Although most people complete the pilgrimage on foot, there is an increasing number of cyclists, and I even saw some people running from village to village.  There were several accompanied by a dog and I was even passed by a couple on horseback.

Not everyone carries their possessions on their back.  There are many who contract a specialist tourist agency to reserve accommodation along the route, and arrange for their bags to be transported from place to place. And at the other end of the scale there are the low-cost options of the albergues, with dormitories and the local restaurants with their ‘cheap and cheerful’ three-course pilgrim menu. As one Spanish family told me – ‘It can be a quite inexpensive holiday’.

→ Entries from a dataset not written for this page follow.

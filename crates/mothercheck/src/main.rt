// Reads two banks, one after the other, and prints the verdict of each low track and then of each high one, with the
// published places.
#![tactic(auto)]

ghost use Rattle.std.specs.Prelude.{◌≡◌};
ghost use Rattle.metroid_text.specs.Mother.{mother_text, mother_line};
ghost use Rattle.mothercheck.specs.Input.{input_verdict};

use engine_base::bytes;
use metroid_text::line::LINE_MOST;
use mother_check::verdict;
use mother_check::verdict::Verdict;
use mother_format::bank;
use mother_format::bank::{Banks, Tracks};

fn verdict_of(input: &[u8], tracks: Tracks, track: u32) -> Verdict
    ensures { result ≡ input_verdict input.now tracks track }
{
    let banks = Banks {
        bank8: bytes::part(input, 0, bank::BANK_SIZE),
        banka: bytes::part(input, bank::BANK_SIZE, input.len()),
    };
    verdict::check(banks, bank::published_places(tracks), track)
}

// The line of a track, in a lent buffer.
// Like cuecheck's, over another verdict and its lines.
fn line_of<'a>(input: &[u8], tracks: Tracks, track: u32, out: &'a mut [u8; LINE_MOST]) -> &'a [u8]
    ensures { result.now ≡ mother_line tracks track (input_verdict input.now tracks track) }
{
    let verdict = verdict_of(input, tracks, track);
    let n = metroid_text::mother::line(tracks, track, verdict, out);
    &out[..n]
}

// The verdict without a track: no track of an input of another length is looked at.
fn text_of<'a>(input: &[u8], out: &'a mut [u8; LINE_MOST]) -> &'a [u8]
    ensures { result.now ≡ mother_text (input_verdict input.now Tracks.Low 0) }
{
    let verdict = verdict_of(input, Tracks::Low, 0);
    let n = metroid_text::mother::text(verdict, out);
    &out[..n]
}

fn print_lines(input: &[u8], tracks: Tracks) {
    for track in 0..bank::published_places(tracks).track_count {
        io::write_all(1, line_of(input, tracks, track, &mut [0; LINE_MOST]));
    }
}

fn main() {
    // one byte more than two banks, to know that the input is too long
    let mut bytes = [0; 2 * bank::BANK_SIZE + 1];
    let n = io::read_full(0, &mut bytes);
    let input = &bytes[..n];
    if n == 2 * bank::BANK_SIZE {
        print_lines(input, Tracks::Low);
        print_lines(input, Tracks::High);
    } else {
        io::write_all(1, text_of(input, &mut [0; LINE_MOST]));
    }
}
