//! Lengths of slices and literals.
ghost use Rattle.std.specs.Prelude.{◌≡◌, ℕ, List, length};
ghost use Rattle.std.specs.Char.{len_utf8};
ghost use Rattle.std.proofs.Common.{ap, ◌∙◌};
ghost use Rattle.streams.specs.Text.{length_encodes};

use crate::caseless::Caseless;
use streams::locating::LocatingSlice;
use streams::partial::Partial;
use streams::stream::Stream;
use streams::token_slice::TokenSlice;

/// A slice or a literal that knows how many units it takes: bytes of bytes and text, items of token
/// lists.
///
/// ```
/// assert_eq!(rt; "é".slice_len(), 2);
/// assert_eq!(rt; Caseless("hello").slice_len(), 5);
/// ```
pub trait SliceLen {
    // The units.
    ghost units_of: { Self → ℕ };

    /// How many units it takes.
    fn slice_len(&self) -> usize
        ensures { result ≡ units_of self.now };
}

impl SliceLen for u8 {
    ghost units_of = { λ _. 1 };

    #[inline(always)]
    fn slice_len(&self) -> usize {
        1
    }
}

impl SliceLen for char {
    ghost units_of = { λ c. len_utf8 c };

    #[inline(always)]
    fn slice_len(&self) -> usize {
        self.len_utf8()
    }
}

impl<'a, T> SliceLen for &'a [T] {
    ghost units_of = { λ s. length s.now };

    #[inline(always)]
    fn slice_len(&self) -> usize {
        self.len()
    }
}

impl<'a, T, const N: usize> SliceLen for &'a [T; N] {
    ghost units_of = { λ s. length s.now };

    #[inline(always)]
    fn slice_len(&self) -> usize {
        self.as_slice().len()
    }
}

impl<T, const N: usize> SliceLen for [T; N] {
    ghost units_of = { λ s. length s };

    #[inline(always)]
    fn slice_len(&self) -> usize {
        self.len()
    }
}

impl<'a> SliceLen for &'a str {
    ghost units_of = { λ s. length s.now };

    #[inline(always)]
    fn slice_len(&self) -> usize {
        self.len()
    }
}

impl<S: SliceLen> SliceLen for Caseless<S> {
    ghost units_of = { λ s. S.units_of s.0 };

    #[inline(always)]
    fn slice_len(&self) -> usize {
        self.0.slice_len()
    }
}

/// A stream whose slices know how many units they take: those of the tokens that a slice shows.
///
/// It has no functions. Contracts of parsers that ask a slice for its length speak by it of tokens.
///
/// ```
/// let mut input = Partial::new(LocatingSlice::new("é7"));
/// assert_eq!(rt; input.next_slice(3).slice_len(), 3);
/// ```
pub trait SlicesWithLength: Stream
where
    Self::Slice: SliceLen,
{
    // A slice takes the units of the tokens that it shows.
    ghost has_units: { (slice : Self.Slice) (tokens : List Self.Seen)
        → Self.reading.shows slice tokens
        → Self.Slice.units_of slice ≡ Self.reading.units tokens };
}

impl<'a> SlicesWithLength for &'a [u8] {
    ghost has_units = { λ slice tokens shown. ap (λ l. length l) shown };
}

impl<'a> SlicesWithLength for &'a str {
    ghost has_units = { λ slice tokens shown. ap (λ l. length l) shown ∙ length_encodes tokens };
}

impl<'t, T> SlicesWithLength for TokenSlice<'t, T> {
    ghost has_units = { λ slice tokens shown. ap (λ l. length l) shown };
}

impl<I: SlicesWithLength> SlicesWithLength for Partial<I>
where
    I::Slice: SliceLen,
{
    ghost has_units = { I.has_units };
}

impl<I: SlicesWithLength> SlicesWithLength for LocatingSlice<I>
where
    I::Slice: SliceLen,
{
    ghost has_units = { I.has_units };
}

Are many participating for purely religious reasons?  I suspect that these days they are very much in the minority. And perhaps this is reflected in the fact that, apart from being open during their occasional mass, most churches and chapels in the villages are shuttered and locked.

Does the crypt under the cathedral in Santiago actually contain the remains of Saint James?  Until the tomb is opened or x-rayed to reveal a decapitated skeleton, and I suspect that the Church will remain reluctant to ever give permission, it will have to remain a matter of individual faith.

But does the veracity of the legend really matter?  Every year thousands upon thousands of people of all ages and all nationalities walk for weeks for hundreds of miles across a beautiful landscape in all weathers.  That is surely no bad thing.

And if some of them benefit spiritually, that’s their bonus.


The Pilgrim Sailor

Belorado is a small village that lies between Logrõno and Burgos in northern Spain, on the pilgrim way to Santiago de Compostela. The location has apparently been inhabited since before Roman times.

On the way into Belorado we came across a sign stating that four hundred casualties of a local battle between local volunteers and the occupying army of Napoleon were buried beneath the ground on which we were standing.

Quite a sobering thought.

Plaque outside Belorado commemorating the 1810 battle

A little further on we came across the Albergue A Santiago and I took a room for the night.

Later, having a beer outside in the warmth of the evening sun, we chatted with two Frenchmen.  They were of early retirement age and were on their fourth pilgrimage to Santiago.  Walking from village to village for days and weeks on end can be quite addictive.

They told us of a sailor that they had recently met who had been involved in a shipwreck off Iceland many years previously. The sailor had sworn to the Virgin Mary that if he survived he would spend the rest of his life walking to Santiago de Compostela. He was subsequently saved and to date he had completed 25 pilgrimages, including one from Saint Petersburg in Russia.

It was not until later that I recalled having taken a photo in Logroño of a huge wall painting of an old man with body tattoos of the stamps of various Camino villages.

Was he the old sailor that the Frenchmen were describing?